** Opening DATA SUPPLIED block **
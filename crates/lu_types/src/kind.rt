ghost use Rattle.std.specs.Prelude.{◌≡◌, ◌↔◌, IfOk, IsTrue, string_bytes, Some};
ghost use Rattle.lu_types.specs.Kinds.{extension, IsBefore};

use lu_prims::OutOfMemory;
use std::alloc::Global;
use std::fmt;

/// The kinds of files, in the order in which files are checked (format page, "How a fault is found").
#[derive(Clone, Copy, Debug, PartialEq, Eq, PartialOrd, Ord)]
pub enum FileKind {
    /// A commit: `segments_N`.
    Commit,
    /// The files of a segment in one.
    Cfs,
    /// The files of a shared document store in one.
    Cfx,
    /// The field table.
    Fnm,
    /// The places of the stored documents.
    Fdx,
    /// The stored documents.
    Fdt,
    /// The terms.
    Tis,
    /// The index of the terms.
    Tii,
    /// The documents of the terms, with frequencies and skip data.
    Frq,
    /// The positions and payloads of the terms.
    Prx,
    /// The norms of the fields.
    Nrm,
    /// The norms of the field with this number, in a file of their own.
    Sep(u32),
    /// The marks of deleted documents.
    Del,
    /// The places of the term vectors.
    Tvx,
    /// Which fields of a document have a term vector.
    Tvd,
    /// The term vectors.
    Tvf,
}

impl FileKind {
    /// Whether files of this kind are checked before those of the other.
    pub fn is_before(&self, other: &FileKind) -> bool
        ensures { IsTrue result ↔ IsBefore self.now other.now }
    {
        self < other
    }

    /// The extension of the names of such files, without the dot; of a commit the word before `_` (format page, "Names of files").
    pub fn extension(&self, alloc: Global) -> Result<String, OutOfMemory>
        ensures { IfOk result (λ text. string_bytes text ≡ extension self.now) }
    {
        let text = self.to_string(alloc)?;
        Ok(text)
    }
}

/// Writes the extension.
impl fmt::Display for FileKind {
    ghost use Rattle.std.specs.Prelude.{Some};
    ghost use Rattle.lu_types.specs.Kinds.{extension};

    ghost output = { λ kind. Some (extension kind) };

    fn fmt<W: fmt::Write>(&self, f: &mut fmt::Formatter<W>) -> fmt::Result {
        match self {
            FileKind::Commit => write!(f, "segments"),
            FileKind::Cfs => write!(f, "cfs"),
            FileKind::Cfx => write!(f, "cfx"),
            FileKind::Fnm => write!(f, "fnm"),
            FileKind::Fdx => write!(f, "fdx"),
            FileKind::Fdt => write!(f, "fdt"),
            FileKind::Tis => write!(f, "tis"),
            FileKind::Tii => write!(f, "tii"),
            FileKind::Frq => write!(f, "frq"),
            FileKind::Prx => write!(f, "prx"),
            FileKind::Nrm => write!(f, "nrm"),
            FileKind::Sep(field) => write!(f, "s{field}"),
            FileKind::Del => write!(f, "del"),
            FileKind::Tvx => write!(f, "tvx"),
            FileKind::Tvd => write!(f, "tvd"),
            FileKind::Tvf => write!(f, "tvf"),
        }
    }
}
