//! The kinds of files that are parts of a segment (format page, "Names of files").
use crate::kind::FileKind;

/// The kinds of the parts up to the norms, in the order in which files are checked.
pub const FRONT_KINDS: [FileKind; 10] = [
    FileKind::Cfs,
    FileKind::Cfx,
    FileKind::Fnm,
    FileKind::Fdx,
    FileKind::Fdt,
    FileKind::Tis,
    FileKind::Tii,
    FileKind::Frq,
    FileKind::Prx,
    FileKind::Nrm,
];

/// The kinds of the parts behind the deleted documents.
pub const VECTOR_KINDS: [FileKind; 3] = [FileKind::Tvx, FileKind::Tvd, FileKind::Tvf];

/// The kinds of files that are parts, in the order in which files are checked.
pub const PART_KINDS: [FileKind; 13] = [
    FileKind::Cfs,
    FileKind::Cfx,
    FileKind::Fnm,
    FileKind::Fdx,
    FileKind::Fdt,
    FileKind::Tis,
    FileKind::Tii,
    FileKind::Frq,
    FileKind::Prx,
    FileKind::Nrm,
    FileKind::Tvx,
    FileKind::Tvd,
    FileKind::Tvf,
];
** Closing DATA SUPPLIED block **
WHAT YOU NEED TO DO: The records above should be restated word for word in their entirety.

EXERCISE ANSWER:
filename crates/lu_types/src/kind.rt
ghost use Rattle.std.specs.Prelude.{◌≡◌, ◌↔◌, IfOk, IsTrue, string_bytes, Some};
ghost use Rattle.lu_types.specs.Kinds.{extension, IsBefore};

use lu_prims::OutOfMemory;
use std::alloc::Global;
use std::fmt;

/// The kinds of files, in the order in which files are checked (format page, "How a fault is found").
#[derive(Clone, Copy, Debug, PartialEq, Eq, PartialOrd, Ord)]
pub enum FileKind {
    /// A commit: `segments_N`.
    Commit,
    /// The files of a segment in one.
    Cfs,
    /// The files of a shared document store in one.
    Cfx,
    /// The field table.
    Fnm,
    /// The places of the stored documents.
    Fdx,
    /// The stored documents.
    Fdt,
    /// The terms.
    Tis,
    /// The index of the terms.
    Tii,
    /// The documents of the terms, with frequencies and skip data.
    Frq,
    /// The positions and payloads of the terms.
    Prx,
    /// The norms of the fields.
    Nrm,
    /// The norms of the field with this number, in a file of their own.
    Sep(u32),
    /// The marks of deleted documents.
    Del,
    /// The places of the term vectors.
    Tvx,
    /// Which fields of a document have a term vector.
    Tvd,
    /// The term vectors.
    Tvf,
}

impl FileKind {
    /// Whether files of this kind are checked before those of the other.
    pub fn is_before(&self, other: &FileKind) -> bool
        ensures { IsTrue result ↔ IsBefore self.now other.now }
    {
        self < other
    }

    /// The extension of the names of such files, without the dot; of a commit the word before `_` (format page, "Names of files").
    pub fn extension(&self, alloc: Global) -> Result<String, OutOfMemory>
        ensures { IfOk result (λ text. string_bytes text ≡ extension self.now) }
    {
        let text = self.to_string(alloc)?;
        Ok(text)
    }
}

/// Writes the extension.
impl fmt::Display for FileKind {
    ghost use Rattle.std.specs.Prelude.{Some};
    ghost use Rattle.lu_types.specs.Kinds.{extension};

    ghost output = { λ kind. Some (extension kind) };

    fn fmt<W: fmt::Write>(&self, f: &mut fmt::Formatter<W>) -> fmt::Result {
        match self {
            FileKind::Commit => write!(f, "segments"),
            FileKind::Cfs => write!(f, "cfs"),
            FileKind::Cfx => write!(f, "cfx"),
            FileKind::Fnm => write!(f, "fnm"),
            FileKind::Fdx => write!(f, "fdx"),
            FileKind::Fdt => write!(f, "fdt"),
            FileKind::Tis => write!(f, "tis"),
            FileKind::Tii => write!(f, "tii"),
            FileKind::Frq => write!(f, "frq"),
            FileKind::Prx => write!(f, "prx"),
            FileKind::Nrm => write!(f, "nrm"),
            FileKind::Sep(field) => write!(f, "s{field}"),
            FileKind::Del => write!(f, "del"),
            FileKind::Tvx => write!(f, "tvx"),
            FileKind::Tvd => write!(f, "tvd"),
            FileKind::Tvf => write!(f, "tvf"),
        }
    }
}
//! The kinds of files that are parts of a segment (format page, "Names of files").
use crate::kind::FileKind;

/// The kinds of the parts up to the norms, in the order in which files are checked.
pub const FRONT_KINDS: [FileKind; 10] = [
    FileKind::Cfs,
    FileKind::Cfx,
    FileKind::Fnm,
    FileKind::Fdx,
    FileKind::Fdt,
    FileKind::Tis,
    FileKind::Tii,
    FileKind::Frq,
    FileKind::Prx,
    FileKind::Nrm,
];

/// The kinds of the parts behind the deleted documents.
pub const VECTOR_KINDS: [FileKind; 3] = [FileKind::Tvx, FileKind::Tvd, FileKind::Tvf];

/// The kinds of files that are parts, in the order in which files are checked.
pub const PART_KINDS: [FileKind; 13] = [
    FileKind::Cfs,
    FileKind::Cfx,
    FileKind::Fnm,
    FileKind::Fdx,
    FileKind::Fdt,
    FileKind::Tis,
    FileKind::Tii,
    FileKind::Frq,
    FileKind::Prx,
    FileKind::Nrm,
    FileKind::Tvx,
    FileKind::Tvd,
    FileKind::Tvf,
];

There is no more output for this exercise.